Romag argued that the district court erred in not awarding attorney’s fees under the Lanham Act and that the Octane standard applies under both the Patent Act and the Lanham Act. Before Octane, attorney’s fees were only recoverable in an “exceptional case” under the Lanham Act if there was strong evidence of bad faith or of willful infringement by the defendant. Octane held that, “an ‘exceptional case’ is simply one that stands out from others with respect to the substantive strength of a party’s litigation position (considering both the governing law and facts of the case) or the unreasonable manner in which the case was litigated.” The Third, Fourth, Fifth, Sixth, and Ninth Circuits have held that Octane applies to awards of attorney’s fees under both the Lanham Act and the Patent Act, and no circuit has declined to apply Octane to Lanham Act cases. Additionally, the language of the Lanham Act and the Patent Act for attorney’s fees is identical. The Federal Circuit concluded that the standard for attorney’s fees set forth in Octane applies to cases under the Lanham Act and remanded for the district court to determine whether attorney’s fees should be awarded.
Fossil argued that the district court erred in awarding attorney’s fees to Romag under the Patent Act. Under Octane, attorney’s fees may be awarded if a party’s arguments are objectively unreasonable or if the case was litigated in bad faith. In response to Romag’s patent infringement claims, Fossil pursued invalidity defenses based on anticipation and obviousness. Fossil ultimately decided not to pursue those defenses because the damages for the patent infringement claim were small. The district court awarded attorney’s fees to Romag after it concluded that Fossil only abandoned its invalidity defenses after trial. However, the record established that Fossil actually withdraw those defenses before trial. As a result, the district court erred in awarding attorney’s fees based in part on its erroneous finding of fact.
Fossil also presented moved for partial summary judgment of indefiniteness. The district court denied the motion, holding that the patent claims are definite. It also found that Fossil made a “woefully inadequate showing” of indefiniteness and that its arguments “bordered on frivolous.” The Court disagreed, finding that Fossil’s indefiniteness argument was not objectively unreasonable. Summary judgment was denied because Fossil’s indefiniteness argument was precluded by the court’s claim construction. Thus, the district court erred in awarding attorney’s fees. Additionally, the court awarded fees to Romag while declining to consider that it had sanctioned Romag for unreasonable delay. The Federal Circuit noted that under Octane, district courts must consider the totality of the circumstances in awarding attorney’s fees. The Court remanded for the district court to determine whether attorney’s fees should be awarded in light of the errors identified in its decision.

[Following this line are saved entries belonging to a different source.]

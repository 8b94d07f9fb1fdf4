ghost use Rattle.std.specs.Prelude.{◌≡◌, ◌≢◌, ℕ, ◌++◌, ◌∷◌, List, length, ◌↔◌, IsTrue, IfOk, IfErr, MatchOption};
ghost use Rattle.document_keys.specs.Names.{Root, IsPart, IsSegment, IsRoot, IsKey, documents_text, name_text};
ghost use Rattle.std.specs.List.{All};
ghost use Rattle.document_keys.specs.Paths.{IsFieldName, SpellsPath};
ghost use Rattle.value_model.specs.Storable.{IsStorableName};
ghost use Rattle.json_model.specs.References.{SpellsReference, IsUnder, root_of, HasDocumentFault, HasReferenceFault};
ghost use Rattle.json_model.specs.Faults.{FirstOf, IsFault};
ghost use Rattle.json_model.specs.Leaves.{IsNameFault, FieldNameFaults, PathFaults, SpellsFieldPath, HasFieldPathFault, QueryPathFaults, SpellsQueryPath, HasManyNames, bad_name as bad_name_of};

use crate::fault::{BadName, JsonFault, NamingFault};
use crate::texts::{show_key, show_segment};
use document_keys::{
    Database, DocumentKey, FieldFault, FieldPath, NameFault, NoMemory, Segment, Text,
    check_field_name,
};
use std::alloc::Global;
use value_model::RefName;

/// How many names a path may have.
const MAX_NAMES: u64 = 21;

/// The fault of a name.
pub(crate) fn bad_name(alloc: Global, fault: NamingFault, name: &str) -> Result<JsonFault, NoMemory>
    ensures { IfOk result (λ bad. bad ≡ bad_name_of fault name.now) }
{
    let name = Text::from_str(alloc, name)?;
    Ok(JsonFault::BadName(BadName { fault, name }))
}

/// The key of the document whose name under the root is the text.
pub(crate) fn read_key(alloc: Global, root: &Database, text: &str) -> Result<DocumentKey, JsonFault>
    ensures key { IfOk result (λ key. IsKey key × (text.now ≡ name_text root.now key)) }
    ensures fault { IfErr result (λ fault. IsNameFault (HasDocumentFault root.now text.now) text.now fault) }
{
    match DocumentKey::read(alloc, root, text) {
        Ok(key) => Ok(key),
        Err(NameFault::WrongRoot) => Err(bad_name(alloc, NamingFault::WrongRoot, text)?),
        Err(NameFault::BadSegment) => Err(bad_name(alloc, NamingFault::BadSegment, text)?),
        Err(NameFault::OddLength) => Err(bad_name(alloc, NamingFault::OddLength, text)?),
        Err(NameFault::NoMemory) => Err(JsonFault::NoMemory),
    }
}

/// What follows the front in the text, if the text begins with it.
fn after<'a>(text: &'a str, front: &str) -> Option<&'a str>
    ensures { MatchOption result ((rest : List ℕ) → text.now ≢ front.now ++ rest)
        (λ rest. text.now ≡ front.now ++ rest.now) }
{
    text.strip_prefix(front)
}

/// The part between the front and the next `/`, and what follows that.
fn cut<'a>(text: &'a str, front: &str) -> Option<(&'a str, &'a str)>
    ensures { MatchOption result
        ((part rest : List ℕ) → IsPart part → text.now ≢ front.now ++ (part ++ 47 ∷ rest))
        (λ parts. IsPart parts.0.now × (text.now ≡ front.now ++ (parts.0.now ++ 47 ∷ parts.1.now))) }
{
    let Some(rest) = after(text, front) else {
        return None;
    };
    rest.split_once('/')
}

/// The project and the database's own name of a text that begins as a document's name does.
fn cut_root(text: &str) -> Option<(&str, &str)>
    ensures { MatchOption result
        ((root : Root) → IsPart root.project → IsPart root.name → ¬ (IsUnder root text.now))
        (λ parts. IsPart parts.0.now × IsPart parts.1.now × IsUnder (record { project = parts.0.now; name = parts.1.now }) text.now) }
{
    let Some((project, rest)) = cut(text, "projects/") else {
        return None;
    };
    let Some((name, rest)) = cut(rest, "databases/") else {
        return None;
    };
    let Some(_path) = after(rest, "documents/") else {
        return None;
    };
    Some((project, name))
}

/// The segment that the text is.
pub(crate) fn read_segment(alloc: Global, text: &str) -> Result<Option<Segment>, NoMemory>
    ensures { IfOk result (λ found. MatchOption found (¬ (IsSegment text.now))
        (λ segment. (segment ≡ text.now) × IsSegment text.now)) }
{
    match Segment::read(alloc, text) {
        Ok(segment) => Ok(Some(segment)),
        Err(NameFault::NoMemory) => Err(NoMemory),
        Err(_) => Ok(None),
    }
}

/// The database of a text that begins as the name of a document of it does.
fn read_root(alloc: Global, text: &str) -> Result<Option<Database>, NoMemory>
    ensures { IfOk result (λ found. MatchOption found
        ((root : Root) → IsRoot root → ¬ (IsUnder root text.now))
        (λ root. IsRoot root × IsUnder root text.now)) }
{
    let Some((project, name)) = cut_root(text) else {
        return Ok(None);
    };
    let Some(project) = read_segment(alloc, project)? else {
        return Ok(None);
    };
    let Some(name) = read_segment(alloc, name)? else {
        return Ok(None);
    };
    Ok(Some(Database::from_segments(alloc, project, name)?))
}

/// The name of the document of that key in the database.
fn name_in(alloc: Global, root: &Database, key: DocumentKey) -> Result<RefName, NoMemory>
    ensures database { IfOk result (λ name. root_of name ≡ root.now) }
    ensures key { IfOk result (λ name. name.key ≡ key) }
    ensures storable { IfOk result IsStorableName }
{
    let project = root.project().copy(alloc)?;
    let database = root.name().copy(alloc)?;
    show_segment(&project);
    show_segment(&database);
    show_key(&key);
    Ok(RefName {
        project,
        database,
        key,
    })
}

/// The document, of any database, whose name is the text.
///
/// # Errors
/// `BadName`: `WrongRoot` where the text doesn't begin with `projects/{p}/databases/{d}/documents/` for segments `p` and
/// `d`, else as `DocumentKey::read` says; or `NoMemory`.
pub fn read_reference(alloc: Global, text: &str) -> Result<RefName, JsonFault>
    ensures name { IfOk result (λ name. SpellsReference text.now name) }
    ensures storable { IfOk result IsStorableName }
    ensures fault { IfErr result (λ fault. IsNameFault (HasReferenceFault text.now) text.now fault) }
{
    let Some(root) = read_root(alloc, text)? else {
        return Err(bad_name(alloc, NamingFault::WrongRoot, text)?);
    };
    let key = match read_key(alloc, &root, text) {
        Ok(key) => key,
        Err(fault) => return Err(fault),
    };
    Ok(name_in(alloc, &root, key)?)
}

/// The fault of a field's name.
pub(crate) fn find_in_field_name(alloc: Global, name: &str) -> Result<Option<JsonFault>, NoMemory>
    ensures { IfOk result (λ found. FirstOf (FieldNameFaults name.now) found) }
{
    match check_field_name(name) {
        Ok(()) => Ok(None),
        Err(FieldFault::BadPath) => Ok(Some(bad_name(alloc, NamingFault::BadPath, name)?)),
        Err(FieldFault::ReservedField) => Ok(Some(bad_name(
            alloc,
            NamingFault::ReservedField,
            name,
        )?)),
        Err(FieldFault::NoMemory) => Err(NoMemory),
    }
}

/// How many names the text has as a path, where it is of the form of one.
pub(crate) fn count_names(alloc: Global, text: &str) -> Result<Option<u64>, NoMemory>
    ensures { IfOk result (λ found. MatchOption found
        ((names : List (List ℕ)) → ¬ (SpellsPath text.now names))
        (λ count. (names : List (List ℕ)) × (SpellsPath text.now names × (length names ≡ count)))) }
{
    match FieldPath::count(alloc, text) {
        Ok(count) => Ok(Some(count)),
        Err(FieldFault::NoMemory) => Err(NoMemory),
        Err(_) => Ok(None),
    }
}

/// Whether the text has more names than a path may have. One that isn't of the form of a path has none.
fn has_many_names(alloc: Global, text: &str) -> Result<bool, NoMemory>
    ensures { IfOk result (λ is. IsTrue is ↔ HasManyNames text.now) }
{
    match count_names(alloc, text)? {
        Some(count) => Ok(count > MAX_NAMES),
        None => Ok(false),
    }
}

/// The path of a field of a document that the text spells, whatever the number of its names.
///
/// # Errors
/// `BadName`: `BadPath` where the text isn't of the form of a path or a name doesn't have 1 to 1,500 bytes, `ReservedField` where a
/// name is of the form `__.*__`; or `NoMemory`.
#[tactic(auto, using(crate::proofs::OneLeaf::document_name))]
pub fn read_names(alloc: Global, text: &str) -> Result<FieldPath, JsonFault>
    ensures path { IfOk result (λ path. SpellsPath text.now path × All IsFieldName path) }
    ensures fault { IfErr result (λ fault. IsNameFault (HasFieldPathFault text.now) text.now fault) }
{
    match FieldPath::read(alloc, text) {
        Ok(path) => {
            if path.is_document_name() {
                return Err(bad_name(alloc, NamingFault::ReservedField, text)?);
            }
            let _count = path.len();
            Ok(path)
        }
        Err(FieldFault::BadPath) => Err(bad_name(alloc, NamingFault::BadPath, text)?),
        Err(FieldFault::ReservedField) => Err(bad_name(alloc, NamingFault::ReservedField, text)?),
        Err(FieldFault::NoMemory) => Err(JsonFault::NoMemory),
    }
}

/// The path of a field in a write.
///
/// # Errors
/// `TooDeep` where the text has more than 21 names; else `BadName`: `BadPath` where it isn't of the form of a path or a name
/// doesn't have 1 to 1,500 bytes, `ReservedField` where a name is of the form `__.*__`; or `NoMemory`.
pub(crate) fn read_path(alloc: Global, text: &str) -> Result<FieldPath, JsonFault>
    ensures path { IfOk result (λ path. SpellsFieldPath text.now path) }
    ensures fault { IfErr result (λ fault. IsFault (PathFaults text.now) fault) }
{
    if has_many_names(alloc, text)? {
        return Err(JsonFault::TooDeep);
    }
    read_names(alloc, text)
}

/// The path of a field in a query, or `__name__`.
///
/// # Errors
/// As `read_path`, but that `__name__` by itself is a path.
pub(crate) fn read_query_path(alloc: Global, text: &str) -> Result<FieldPath, JsonFault>
    ensures path { IfOk result (λ path. SpellsQueryPath text.now path) }
    ensures fault { IfErr result (λ fault. IsFault (QueryPathFaults text.now) fault) }
{
    if has_many_names(alloc, text)? {
        return Err(JsonFault::TooDeep);
    }
    match FieldPath::read(alloc, text) {
        Ok(path) => {
            let _count = path.len();
            Ok(path)
        }
        Err(FieldFault::BadPath) => Err(bad_name(alloc, NamingFault::BadPath, text)?),
        Err(FieldFault::ReservedField) => Err(bad_name(alloc, NamingFault::ReservedField, text)?),
        Err(FieldFault::NoMemory) => Err(JsonFault::NoMemory),
    }
}

/// Whether the text is the name of the root's `documents`.
pub(crate) fn is_documents(root: &Database, text: &str) -> bool
    ensures { IsTrue result ↔ (text.now ≡ documents_text root.now) }
{
    match after(text, root.as_str()) {
        Some(rest) => rest == "/documents",
        None => false,
    }
}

Judge Newman concurred in part and dissented in part. She agreed with the majority that the Supreme Court’s standard for attorney’s fees in Octane should apply to trademark cases under the Lanham Act. She disagreed, however, that the district court abused its discretion in awarding attorney’s fees on the patent issues. Judge Newman found that Fossil “pressed its invalidity theories, including anticipation and obviousness arguments, until the eve of trial,” thereby prolonging the litigation and increasing the cost of the lawsuit.
The Supreme Court’s “objectively unreasonable” standard for attorney’s fees set forth in Octane applies to infringement cases under the Lanham Act and the Patent Act. In attorney’s fee disputes, courts must consider the totality of the circumstances, including the conduct of both parties.